The restructuring plan was originally approved in October by the U.S. Bankruptcy Court for the Southern District of New York. Sprint, a creditor that claims it is owed some $211 million, and DISH Networks both appealed.

Without issuing an opinion - which would clarify the case's effect, or lack thereof, on future bankruptcies - the court ruled 2-1 that the restructuring plan proposed by DBSD violated the principle of absolute priority. Absolute priority means that if a certain class of creditors is not paid in full when a court-imposed restructuring is ordered, then the shareholders can't retain their stock.

DBSD filed for chapter 11 bankruptcy protection in May 2009. Before it filed, the company had about $790 million in debt.

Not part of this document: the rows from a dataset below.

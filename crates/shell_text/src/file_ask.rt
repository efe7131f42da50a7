//! What is asked of a tree.

use fs_trees::{Name, Path, ShellAsk};

/// An ask of the shell, or one that only looks and that no line spells.
#[derive(Debug, Drop)]
pub enum FileAsk {
    /// An ask of the shell.
    Shell {
        /// The ask.
        ask: ShellAsk,
    },

    /// What stands at a path: a file, with how many bytes it has, or a directory.
    Size {
        /// Where it stands.
        path: Path,
    },

    /// Some bytes of a file.
    Read {
        /// Where it stands.
        path: Path,

        /// The offset of the first of them.
        start: u64,

        /// How many at most. No answer has more than 4,096.
        count: u32,
    },

    /// The least name in a directory above another, and what it names.
    Next {
        /// The directory.
        path: Path,

        /// The name that it is to stand above; the empty one is below all.
        after: Name,
    },
}
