//! The ask that a line spells.

ghost use Rattle.std.specs.Prelude.{◌≡◌, ◌⊎◌, ℕ, List, take};
ghost use Rattle.script_text.specs.Grammar.{held_max};
ghost use Rattle.script_text.specs.Reading.{ends};
ghost use Rattle.fs_trees.specs.declared.ask.ShellAsk.{ShellAsk};
ghost use Rattle.shell_text.specs.Grammar.{IsShellLine};
ghost use Rattle.shell_text.specs.Reading.{put_of, append_of, cat_of, ls_of, rm_of, make_dir_of, copy_of, of_inodes};
ghost use Rattle.shell_text.specs.Reading.{named, asked, ask_of};

use crate::words::{bytes_in, path_in};
use fs_trees::{ShellAsk, ShellKind};
use script_text::Words;
use script_text::parse::LINE_MAX;

/// The ask that a line spells for a layout, and Bad where it spells none. The line comes without its line feed.
pub fn parse_shell(kind: ShellKind, line: &[u8]) -> ShellAsk
    // What is read is spelled so.
    /// promise (with only): An ask exactly where the line is its spelling for that layout, by a grammar apart from the
    /// code, and `Bad` exactly where it is none's; so no line asks two things.
    ensures spelled { (result ≡ ShellAsk.Bad) ⊎ IsShellLine kind line.now result }
    // What is spelled so is read: so no line has two asks. No line spells Bad.
    ensures only { (a : ShellAsk) → IsShellLine kind line.now a → result ≡ a }
    // A longer line is as bad where it is cut to one byte more than a line may have.
    /// promise: A line that is too long is as bad where it is cut.
    ensures cut { (whole : List ℕ) → line.now ≡ take held_max whole → result ≡ ask_of kind whole }
    // As a function that computes.
    ensures value { result ≡ ask_of kind line.now }
{
    read_line(kind, line)
}

#[tactic(auto, unfolding(crate::specs::Reading::ask_of))]
fn read_line(kind: ShellKind, line: &[u8]) -> ShellAsk
    ensures { result ≡ ask_of kind line.now }
{
    if line.len() > LINE_MAX {
        return ShellAsk::Bad;
    }
    match asked(kind, Words::of(line)) {
        Some(ask) => ask,
        None => ShellAsk::Bad,
    }
}

#[tactic(auto, unfolding(crate::specs::Reading::asked))]
fn asked(kind: ShellKind, mut words: Words) -> Option<ShellAsk>
    ensures { result ≡ asked kind words.entry }
{
    let name = words.next()?;
    named(kind, name, words)
}

/// The ask by its first word.
#[tactic(auto, unfolding(crate::specs::Reading::named))]
fn named(kind: ShellKind, name: &[u8], words: Words) -> Option<ShellAsk>
    ensures { result ≡ named kind name.now words.entry }
{
    if name == b"mkfs".as_slice() {
        done(words, ShellAsk::Make)
    } else if name == b"put".as_slice() {
        put(words)
    } else if name == b"append".as_slice() {
        append(words)
    } else if name == b"cat".as_slice() {
        cat(words)
    } else if name == b"ls".as_slice() {
        ls(words)
    } else if name == b"mkdir".as_slice() {
        make_dir(kind, words)
    } else if name == b"rm".as_slice() {
        rm(words)
    } else if name == b"cp".as_slice() {
        copy(kind, words)
    } else if name == b"df".as_slice() {
        done(words, ShellAsk::Df)
    } else {
        None
    }
}

/// The ask, where no word is left.
fn done(words: Words, ask: ShellAsk) -> Option<ShellAsk>
    ensures { result ≡ ends words.entry ask }
{
    if words.is_empty() { Some(ask) } else { None }
}

#[tactic(auto, unfolding(crate::specs::Reading::put_of))]
fn put(mut words: Words) -> Option<ShellAsk>
    ensures { result ≡ put_of words.entry }
{
    let path = path_in(&mut words)?;
    let bytes = bytes_in(&mut words)?;
    done(words, ShellAsk::Put { path, bytes })
}

#[tactic(auto, unfolding(crate::specs::Reading::append_of))]
fn append(mut words: Words) -> Option<ShellAsk>
    ensures { result ≡ append_of words.entry }
{
    let path = path_in(&mut words)?;
    let bytes = bytes_in(&mut words)?;
    done(words, ShellAsk::Append { path, bytes })
}

#[tactic(auto, unfolding(crate::specs::Reading::cat_of))]
fn cat(mut words: Words) -> Option<ShellAsk>
    ensures { result ≡ cat_of words.entry }
{
    let path = path_in(&mut words)?;
    done(words, ShellAsk::Cat { path })
}

#[tactic(auto, unfolding(crate::specs::Reading::ls_of))]
fn ls(mut words: Words) -> Option<ShellAsk>
    ensures { result ≡ ls_of words.entry }
{
    let path = path_in(&mut words)?;
    done(words, ShellAsk::Ls { path })
}

#[tactic(auto, unfolding(crate::specs::Reading::rm_of))]
fn rm(mut words: Words) -> Option<ShellAsk>
    ensures { result ≡ rm_of words.entry }
{
    let path = path_in(&mut words)?;
    done(words, ShellAsk::Rm { path })
}

/// A new directory: inodes alone have those.
#[tactic(auto, unfolding(crate::specs::Reading::make_dir_of))]
fn make_dir(kind: ShellKind, mut words: Words) -> Option<ShellAsk>
    ensures { result ≡ of_inodes kind make_dir_of words.entry }
{
    match kind {
        ShellKind::Inode => {
            let path = path_in(&mut words)?;
            done(words, ShellAsk::MakeDir { path })
        }
        ShellKind::Chain => None,
    }
}

/// A copy: inodes alone have those.
#[tactic(auto, unfolding(crate::specs::Reading::copy_of))]
fn copy(kind: ShellKind, mut words: Words) -> Option<ShellAsk>
    ensures { result ≡ of_inodes kind copy_of words.entry }
{
    match kind {
        ShellKind::Inode => {
            let path = path_in(&mut words)?;
            let new = path_in(&mut words)?;
            done(words, ShellAsk::Copy { path, new })
        }
        ShellKind::Chain => None,
    }
}
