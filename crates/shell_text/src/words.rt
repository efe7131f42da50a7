//! The words of a line of the shell that no other line has, and where a text is cut.

ghost use Rattle.std.specs.Prelude.{◌≡◌, ◌∷◌, Some, None, MatchOption, position, ◌==◌};
ghost use Rattle.script_text.specs.Pieces.{pieces};
ghost use Rattle.script_text.specs.Reading.{reads, data_of};
ghost use Rattle.shell_text.specs.Reading.{left, path_of};

use crate::names::parse_path;
use fs_trees::Path;
use script_text::Words;
use script_text::fields::parse_data;
use tsd_model::Data;

/// The next word as a path.
pub(crate) fn path_in(words: &mut Words) -> Option<Path>
    ensures { MatchOption result (reads path_of words.old ≡ None) (λ p. reads path_of words.old
        ≡ Some (p, words.new)) }
{
    let word = words.next()?;
    parse_path(word)
}

/// The next word as bytes.
pub(crate) fn bytes_in(words: &mut Words) -> Option<Data>
    ensures { MatchOption result (reads data_of words.old ≡ None) (λ d. reads data_of words.old
        ≡ Some (d, words.new)) }
{
    let word = words.next()?;
    parse_data(word)
}

/// Where a byte first stands.
fn first_position(bytes: &[u8], at: u8) -> Option<usize>
    ensures { result ≡ position (λ b. b == at) bytes.now }
{
    bytes.iter().position(|b| *b == at)
}

/// What stands before the first position of a byte, and after it.
pub(crate) fn cut(text: &[u8], at: u8) -> (&[u8], Option<&[u8]>)
    ensures { pieces at text.now ≡ result.0.now ∷ left at result.1 }
{
    match first_position(text, at) {
        Some(i) => (&text[..i], Some(&text[i + 1..])),
        None => (text, None),
    }
}
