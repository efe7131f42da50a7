//! The lines of the file systems' shell, both ways, and the frames that ask of a tree.
//!
//! A client writes asks as lines or as frames, and reads answers as lines. A line has words, parted by one space each;
//! its first word is a command, which says what the others are: paths and bytes. The body of a frame is a code byte and
//! the fields that this code has, with nothing after them; numbers stand in it with their lowest byte first.
//!
//! What it stands on: `fs_trees` for names, paths, asks and refusals; `script_text` for buffers, numbers and bytes in
//! digits, and for the cutting of a text; `hex` and `itoa` for digits of bytes that are sent in parts and of sizes;
//! `request_frames` for the reading of a body, field by field; `byteorder` for numbers in bytes.
//!
//! What it promises:
//!
//! - [`parse_shell`] answers an ask exactly where the line is its spelling, and Bad exactly where it is none's. The
//!   spellings are a grammar of their own (`specs/Grammar.antt`).
//! - [`decode_ask`] does the same for the body of a frame, which spells what a line spells and three asks more, which
//!   only look ([`FileAsk`]). The spellings are equations of the body (`specs/FileBodies.antt`).
//! - Each printing call leaves exactly the text of its answer, or of its part of one (`specs/Texts.antt`, and for what
//!   only looks `specs/Looked.antt`), and the parts of an answer are its text ([`long_answers_in_parts`]).
//!
//! No call takes memory. Lines are cut by `script_text`'s cutter, frames by that of `request_frames`.
#![tactic(auto)]

mod answers;
mod body;
mod file_ask;
mod frames;
mod looks;
mod names;
mod parse;
mod words;

pub use answers::{
    long_answers_in_parts, print_bad, print_data_head, print_data_part, print_done, print_end,
    print_free, print_name, print_names_head, print_refusal,
};
pub use file_ask::FileAsk;
pub use frames::decode_ask;
pub use looks::{
    print_dir, print_file_size, print_next_dir, print_next_file, print_no_name, print_part,
};
pub use parse::parse_shell;
pub use script_text::OutBuf as ShellBuf;
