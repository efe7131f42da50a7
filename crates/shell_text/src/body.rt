//! The fields of a frame's body that speak of a tree: each is read from the front of what is left.

ghost use Rattle.std.specs.Prelude.{◌≡◌, ◌≤◌, MatchOption};
ghost use Rattle.shell_text.specs.FileReading.{start_of, word_of, after_at, names_at, path_at};

use crate::names::parse_name;
use byteorder::{ByteOrder, LittleEndian};
use fs_trees::name::PATH_MAX;
use fs_trees::{Name, Path};
use request_frames::reader::BodyReader;

/// How many bytes the offset of a first byte has.
const START_BYTES: usize = 8;

/// The next eight bytes as a number, the lowest first.
#[tactic(auto, unfolding(crate::specs::FileReading::start_of), using(crate::proofs::BodyLaws::start_taken))]
pub fn read_start(reader: &mut BodyReader<'_>) -> Option<u64>
    ensures { MatchOption result (start_of reader.old ≡ None) (λ n. start_of reader.old
        ≡ Some (n, reader.new)) }
{
    let bytes = reader.take(START_BYTES)?;
    Some(LittleEndian::read_u64(bytes))
}

/// A byte, and as many bytes as it says.
fn read_word<'a>(reader: &mut BodyReader<'a>) -> Option<&'a [u8]>
    ensures { MatchOption result (word_of reader.old ≡ None) (λ w. word_of reader.old
        ≡ Some (w.now, reader.new)) }
{
    let count = usize::from(reader.byte()?);
    reader.take(count)
}

/// What a name may stand above: no bytes, or a name.
#[tactic(auto, unfolding(crate::specs::FileReading::after_at))]
pub fn read_after(reader: &mut BodyReader<'_>) -> Option<Name>
    ensures { MatchOption result (after_at reader.old ≡ None) (λ n. after_at reader.old
        ≡ Some (n, reader.new)) }
{
    let word = read_word(reader)?;
    if word.is_empty() {
        Some(Name::new())
    } else {
        parse_name(word)
    }
}

/// A path: a byte, and as many names as it says, at most 16.
pub fn read_path(reader: &mut BodyReader<'_>) -> Option<Path>
    ensures { MatchOption result (path_at reader.old ≡ None) (λ p. path_at reader.old ≡ Some (p, reader.new)) }
{
    let count = usize::from(reader.byte()?);
    if count > PATH_MAX {
        return None;
    }
    read_names(reader, count)
}

/// So many names.
#[tactic(auto, unfolding(crate::specs::FileReading::name_at))]
fn read_names(reader: &mut BodyReader<'_>, count: usize) -> Option<Path>
    requires { count ≤ PATH_MAX }
    ensures { MatchOption result (names_at count reader.old ≡ None) (λ p. names_at count reader.old
        ≡ Some (p, reader.new)) }
{
    let mut path = Path::new();
    let mut more = count;
    while more > 0 {
        let word = read_word(reader)?;
        match path.push_bytes(word) {
            Ok(()) => more -= 1,
            Err(_) => return None,
        }
    }
    Some(path)
}
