//! Answers to asks that only look, as they are printed.

ghost use Rattle.std.specs.Prelude.{◌≡◌, ◌+◌, ◌≤◌, ◌∷◌, ◌++◌, [], length, decimal, true};
ghost use Rattle.fs_trees.specs.Names.{is_name};
ghost use Rattle.script_text.specs.Pieces.{line_feeds};
ghost use Rattle.shell_text.specs.Looked.{file_of, dir_here, part_of, next_file, next_dir, none_left, looked_text};

use fs_trees::Name;
use script_text::OutBuf;
use script_text::parse::LINE_MAX;
use script_text::printing::{put_data, put_word};
use tsd_model::lists::DATA_MAX;

/// Room for a size with the space before it.
const SIZE_ROOM: usize = 41;

/// Replaces the bytes by the line of a file, with how many bytes it has.
pub fn print_file_size(size: u64, into: &mut OutBuf)
    /// promise (with one_line): Exactly the text of the answer, in one line.
    ensures text { into.new ≡ looked_text (file_of size) ++ 10 ∷ [] }
    ensures one_line { line_feeds (looked_text (file_of size)) ≡ 0 }
{
    into.clear();
    into.put(b"file".as_slice());
    put_size(into, size);
    into.put(b"\n".as_slice());
}

/// Replaces the bytes by the line of a directory.
pub fn print_dir(into: &mut OutBuf)
    /// promise (with one_line): Exactly the text of the answer, in one line.
    ensures text { into.new ≡ looked_text dir_here ++ 10 ∷ [] }
    ensures one_line { line_feeds (looked_text dir_here) ≡ 0 }
{
    into.clear();
    into.put(b"dir\n".as_slice());
}

/// Replaces the bytes by the line of some of a file's bytes, at most 4,096.
pub fn print_part(bytes: &[u8], into: &mut OutBuf)
    requires { length bytes.now ≤ DATA_MAX }
    /// promise (with one_line): Exactly the text of the answer, in one line.
    ensures text { into.new ≡ looked_text (part_of bytes.now) ++ 10 ∷ [] }
    ensures one_line { line_feeds (looked_text (part_of bytes.now)) ≡ 0 }
{
    into.clear();
    into.put(b"data".as_slice());
    put_data(into, bytes);
    into.put(b"\n".as_slice());
}

/// Replaces the bytes by the line of the next name, which is a file's, with how many bytes that has.
pub fn print_next_file(name: &Name, size: u64, into: &mut OutBuf)
    /// promise (with one_line): Exactly the text of the answer, in one line.
    ensures text { into.new ≡ looked_text (next_file name.now size) ++ 10 ∷ [] }
    ensures one_line { is_name name.now ≡ true → line_feeds (looked_text (next_file name.now size)) ≡ 0 }
{
    into.clear();
    into.put(b"next".as_slice());
    put_word(into, name.as_slice());
    put_word(into, b"file".as_slice());
    put_size(into, size);
    into.put(b"\n".as_slice());
}

/// Replaces the bytes by the line of the next name, which is a directory's.
pub fn print_next_dir(name: &Name, into: &mut OutBuf)
    /// promise (with one_line): Exactly the text of the answer, in one line.
    ensures text { into.new ≡ looked_text (next_dir name.now) ++ 10 ∷ [] }
    ensures one_line { is_name name.now ≡ true → line_feeds (looked_text (next_dir name.now)) ≡ 0 }
{
    into.clear();
    into.put(b"next".as_slice());
    put_word(into, name.as_slice());
    put_word(into, b"dir".as_slice());
    into.put(b"\n".as_slice());
}

/// Replaces the bytes by the line of a directory that has no such name left.
pub fn print_no_name(into: &mut OutBuf)
    /// promise (with one_line): Exactly the text of the answer, in one line.
    ensures text { into.new ≡ looked_text none_left ++ 10 ∷ [] }
    ensures one_line { line_feeds (looked_text none_left) ≡ 0 }
{
    into.clear();
    into.put(b"names -\n".as_slice());
}

/// A size, without leading zeros.
fn put_size(into: &mut OutBuf, size: u64)
    requires { length into.old + SIZE_ROOM ≤ LINE_MAX }
    ensures text { into.new ≡ into.old ++ 32 ∷ decimal size }
    ensures room { length into.new ≤ length into.old + SIZE_ROOM }
{
    let mut digits = itoa::Buffer::new();
    put_word(into, digits.format(size).as_bytes());
}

A first lien loan made up $40 million and a set of second lien secured notes made up $740 million.

The noteholders agreed to exchange the notes for equity in a reorganized DBSD. The Plan proposed to provide the senior debt holders with a new note that extended the maturity from one to four years, provided payment in kind interest, and liens on all of reorganized DBSD's operating assets.

Some of the second lien debt was secured by auction rate securities owned by DBSD. Those would be used to fund the company's operations while it sought a way out of bankruptcy.

The original first lien lenders sold their debt at par value to DISH Networks, a competitor, which then voted to reject the Plan.

Other groups of creditors also objected to the restructuring plan, saying that other financing was available. But DBSD contends that getting additional financing was going to be difficult, if not impossible.

In its reversal of the plan, the Second Circuit said one problem was that DISH is a competitor and it is not clear whether it was acting as a creditor or as a competitor that wanted to gain control of DBSD's business. Therefore the lower court was right to deny DISH's objections. Sprint, on the other hand, has standing to object to the plan and therefore can make its case before the bankruptcy court.

For its part, DBSD says in its filings that if the reorganization plan is not approved the company will run out of money. DBSD said it only has $12 million left in cash, and that its value as a going concern is much greater than in liquidation.

The Second Circuit did not immediately issue an opinion, a move that some lawyers interviewed said was usually done in cases where there was some urgency to getting an order signed.